Here’s our example of a numberless probability: B = “A few Martians wear hats” and A = “The Martian George wears a hat.” There is no unique Pr(A|B) because there is no unique map from “a few” to any number. The only way to generate a unique number is to modify B. Say B’ = “A few, where ‘a few’ means 10%, Martians wear hats.” Then Pr(A|B’) = 0.1. Or B” = “A few, where ‘a few’ means never more than one-half…” Then 0 < Pr(A|B”) < 0.5. It should be obvious that B is not B’ nor B” (if it isn’t, you’re in deep kimchi). More examples are had by changing “a few” to “some”, “most”, “a bunch”, “not so many” and on and on, none of which lead to a unique probability. This is all true even though, in each case, Pr(A|B) + Pr(not-A|B) = 1. (Why? Because that formula is a tautology.)

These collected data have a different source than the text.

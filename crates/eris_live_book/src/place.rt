ghost use Rattle.std.specs.Prelude.{◌≡◌, ◌<◌, ◌≤◌, ◌+◌, length, IfOk};
ghost use Rattle.eris_live_book.specs.Places.{IsPlaceIn, IsNextPlace, IsPacketAt, IsSpelledAt, sent_by};
ghost use Rattle.eris_network.specs.Limits.{packet_limit};

use crate::number::number_of;
use crate::post::Post;
use eris_base::{NoMemory, Row};
use std::alloc::Global;

/// A place in a book: a packet's number, the post that sends it, and which of the post's packets it
/// is. Behind a post's last packet stands the next post's first.
#[derive(Clone, Copy, Debug)]
pub struct Place {
    /// The packet's number.
    pub number: u32,
    /// The post's number.
    pub post: usize,
    /// How many of the post's packets stand before it.
    pub offset: usize,
}

impl Place {
    /// The place behind the packet that stands here.
    pub fn past_packet(self) -> Place
        requires number { self.number < packet_limit }
        requires offset { self.offset < packet_limit }
        ensures { result ≡ record { number = self.number + 1; post = self.post; offset = self.offset + 1 } }
    {
        Place {
            number: self.number + 1,
            post: self.post,
            offset: self.offset + 1,
        }
    }
}

/// The first place, from the one given on, at which a packet to the node stands; else the end, at
/// which there is no post.
pub fn next(posts: &[Post], node: u32, from: Place) -> Place
    requires from { IsPlaceIn posts.now from }
    requires few { length (sent_by posts.now) ≤ packet_limit }
    ensures { IsNextPlace posts.now node from result }
{
    let mut place = from;
    while place.post < posts.len() {
        match posts[place.post].sent.addressee(place.offset) {
            Some(to) => {
                if number_of(to) == node {
                    return place;
                }
                place = place.past_packet();
            }
            None => {
                place = Place {
                    number: place.number,
                    post: place.post + 1,
                    offset: 0,
                };
            }
        }
    }
    place
}

/// The bytes of the packet that stands at the place.
pub fn bytes_at(alloc: Global, posts: &[Post], place: Place) -> Result<Row<u8>, NoMemory>
    requires place { IsPlaceIn posts.now place }
    requires packet { IsPacketAt posts.now place }
    ensures { IfOk result (λ bytes. IsSpelledAt posts.now place bytes) }
{
    match posts[place.post].sent.bytes(place.offset) {
        Some(bytes) => copied(alloc, bytes),
        None => unreachable!(),
    }
}

fn copied(alloc: Global, bytes: &[u8]) -> Result<Row<u8>, NoMemory>
    ensures { IfOk result (λ row. row ≡ bytes.now) }
{
    let mut row = Row::new(alloc);
    row.append(bytes)?;
    Ok(row)
}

It turns out most probability isn’t quantifiable, because most judgments of uncertainty cannot be and are not stated numerically. “Scientific” propositions, many of which can be quantified, are very rare in human discourse. Consider this, from which you will see it easy to generate endless examples. B (spoken by Bill) = “I might go over to Bob’s” as the sole premise for A = “Bill will go to Bob’s”. Note very carefully that this is your premise, not Bill’s. It is your uncertainty in A given B that is of interest. The only way to come to a definite number is by adding to B; perhaps by your knowledge of Bill’s habits. But if you were a bystander and overheard the conversation, you wouldn’t know how to add to B, unless you did so by subtle hints of Bill’s dress, his mannerisms, and things like that. Anyway, all these change B, and make it into something which is not B. That’s cheating. If asked for Pr(A|B) one must provide Pr(A|B) and not Pr(A|B’) or anything else.

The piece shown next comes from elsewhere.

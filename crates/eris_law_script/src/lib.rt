//! Laws of scripts: what the laws of runs say, said of the bytes of a script.
#![tactic(auto)]

mod law;

pub use law::{every_script_is_good, scripts_are_fit, undisturbed_scripts_answer};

This seemingly trivial rule is astonishingly difficult to remember or to heed if one is convinced probability is numerical. It would never be violated when working through a syllogism, say, or calculating a mathematical proof, where blatant additions to specified evidence are rejected out of hand. A professor would never let a student change the problem so that the student can answer it. Not so with probabilities. People will change the problem to make it more amenable. “Subjective” Bayesians make a career out of it.
Why is the rule so hard? No sooner will you ask somebody what is Pr(A|B) and they’ll say, “Well there’s lot of factors to consider…” There are not. There is only one, and that is B’s logical relation to A. Anything else, however interesting, is not relevant. Unless one wants to change the problem and discover the plausible evidence B’ which gives A its most extreme probability (nearest to 0 or 1). The modifier “plausible” is needed, because it is always possible to create evidence which makes A true or false (e.g. B = “A is impossible”). The plausibility is to fit the evidence into a larger scheme of propositions. This is a large topic, skipped here, because it is incidental.
Lots of detail left out here, which you have to fill in. See the classic posts page for how.
Update 2 Fixed the d*&^%^*&& typo that one of my enemies placed in the equation below. Rats!
Update An algebraic analogy. “If y = 1 and x + y < 7, solve for x.” There isn’t provided enough information to derive a unique value for x. It thus would be absurd, and obviously so, to say, “Well, I feel most x are positive; I mean, if I were to bet. And I’ve seen a lot of them around 3, though I’ve come across a few 4s too. I’m going with 3.”
Precision is often denied us. As silly as this example is, we see its equivalent occur in probability all the time.
1See inter alia Dupré and Tipler, 2009. New Axioms for Rigorous Bayesian Probability Bayesians Analysis, 3, 599-606.